I was absolutely floored when I was told I have now lost a total 48cm. After reaching my first weight goal yesterday of making it into the 15 stone club as well I can't tell you how good I am feeling.

So just to repeat what I said in my post in August, being diagnosed as a diabetic is awful when we are first told, but 4 months on I can say I am a much much happier person, who has lots more energy and confidence!

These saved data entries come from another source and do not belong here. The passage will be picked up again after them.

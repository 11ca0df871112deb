//! The sign of a number.

ghost use Rattle.std.specs.Prelude.{◌≡◌};
ghost use Rattle.h41_decimal.specs.Signs.{opposite_of, product_of};

/// The sign of a number that is not zero.
#[derive(Clone, Copy, Debug, PartialEq, Eq)]
pub enum Sign {
    /// The number is greater than zero.
    Plus,
    /// The number is less than zero.
    Minus,
}

impl Sign {
    /// Returns the other sign: minus for plus, and plus for minus.
    pub fn opposite(self) -> Self
        ensures { result ≡ opposite_of self }
    {
        match self {
            Sign::Plus => Sign::Minus,
            Sign::Minus => Sign::Plus,
        }
    }

    /// Returns the sign of a product or a quotient of numbers with these two signs: plus if they are equal, otherwise
    /// minus.
    pub fn times(self, other: Self) -> Self
        ensures { result ≡ product_of self other }
    {
        match self {
            Sign::Plus => other,
            Sign::Minus => other.opposite(),
        }
    }
}
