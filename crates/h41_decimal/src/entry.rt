//! Returns a number from the digits, the exponent and the sign that are typed.

ghost use Rattle.std.specs.Prelude.{◌≡◌, ◌≤◌};
ghost use Rattle.h41_decimal.specs.Signs.{with_sign};
ghost use Rattle.h41_decimal.specs.Units.{units};
ghost use Rattle.h41_decimal.specs.NumberEntry.{IsTyped, size_of_greatest as greatest_size};

use crate::parts::{Exponent, Magnitude, Mantissa};
use crate::rounding::round_whole;
use crate::sign::Sign;
use crate::ten::Ten;

/// The scale of the last digit of a number typed with exponent -99 and no digit after the radix mark. The scale of a
/// digit is the power of ten that it counts, plus 236: here -99 + 236.
const ENTRY_SCALE: u32 = 137;

/// Returns the number that is typed with this sign, the whole number `digits` of which the last `places` digits (0 to
/// 20) follow the radix mark, and this exponent. It is rounded to ten digits, halves away from zero. If the exponent of
/// the result, with one digit before the radix mark, would be above 99, it is the greatest number with the sign; if
/// below -99, zero.
pub fn typed(sign: Sign, digits: u64, places: u8, exponent: Exponent) -> Ten
    requires { places ≤ 20 }
    ensures { IsTyped sign digits places exponent result }
{
    if digits == 0 {
        return Ten::Zero;
    }
    let scale = ENTRY_SCALE + exponent.biased - u32::from(places);
    match round_whole(sign, digits, scale) {
        Ok(number) => number,
        Err(_) => greatest(sign),
    }
}

/// Returns the number with the greatest absolute value that has this sign: 9.999999999E99 or -9.999999999E99.
pub fn greatest(sign: Sign) -> Ten
    ensures { units result ≡ with_sign sign greatest_size }
{
    let mantissa = Mantissa {
        digits: 9_999_999_999,
    };
    let exponent = Exponent { biased: 198 };
    Ten::Nonzero(sign, Magnitude { mantissa, exponent })
}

I feel I have a new lease on life, and encourage all of you in the WLG to keep up the good work. 

If I could bottle the feeling and share it with you I would!

I now am aiming to lose another 7lbs for christmas!

Thank you all again for your much needed support and encouragement.


----------



## teapot8910 (Nov 4, 2010)

That's brilliant Lucy!! Congratulations xx


----------



## Sheilagh1958 (Nov 4, 2010)

Congratulations Lucy you have done really well.......keep up the hardwork it defintely paying off


----------



## lucy123 (Nov 4, 2010)

Thanks Sheilagh and Teapot!

I have just realised also - that is only taking account of loss around just under boobs, right upper leg, right upper arm, tummy at belly button! so thats not accounting for left arm, left leg, hips, stomach that was there like a mantel piece just below my boobs! Lower legs and lower arms - so would probably be lots more, but these measurements will do for me!!


----------



## tracey w (Nov 5, 2010)

You are so inspiring, well done, reading your posts definately keeps me at the exercise, so thank you!


----------



## Emmal31 (Nov 8, 2010)

Well done lucy, good luck for losing the 7lbs before christmas (it's the same target that I have myself but I've been doing terribly the last 2 weeks!) xx


----------



## MargB (Nov 8, 2010)

Well done Lucy and interesting to read how you feel about weight loss and diagnosis as I am thinking along similar lines.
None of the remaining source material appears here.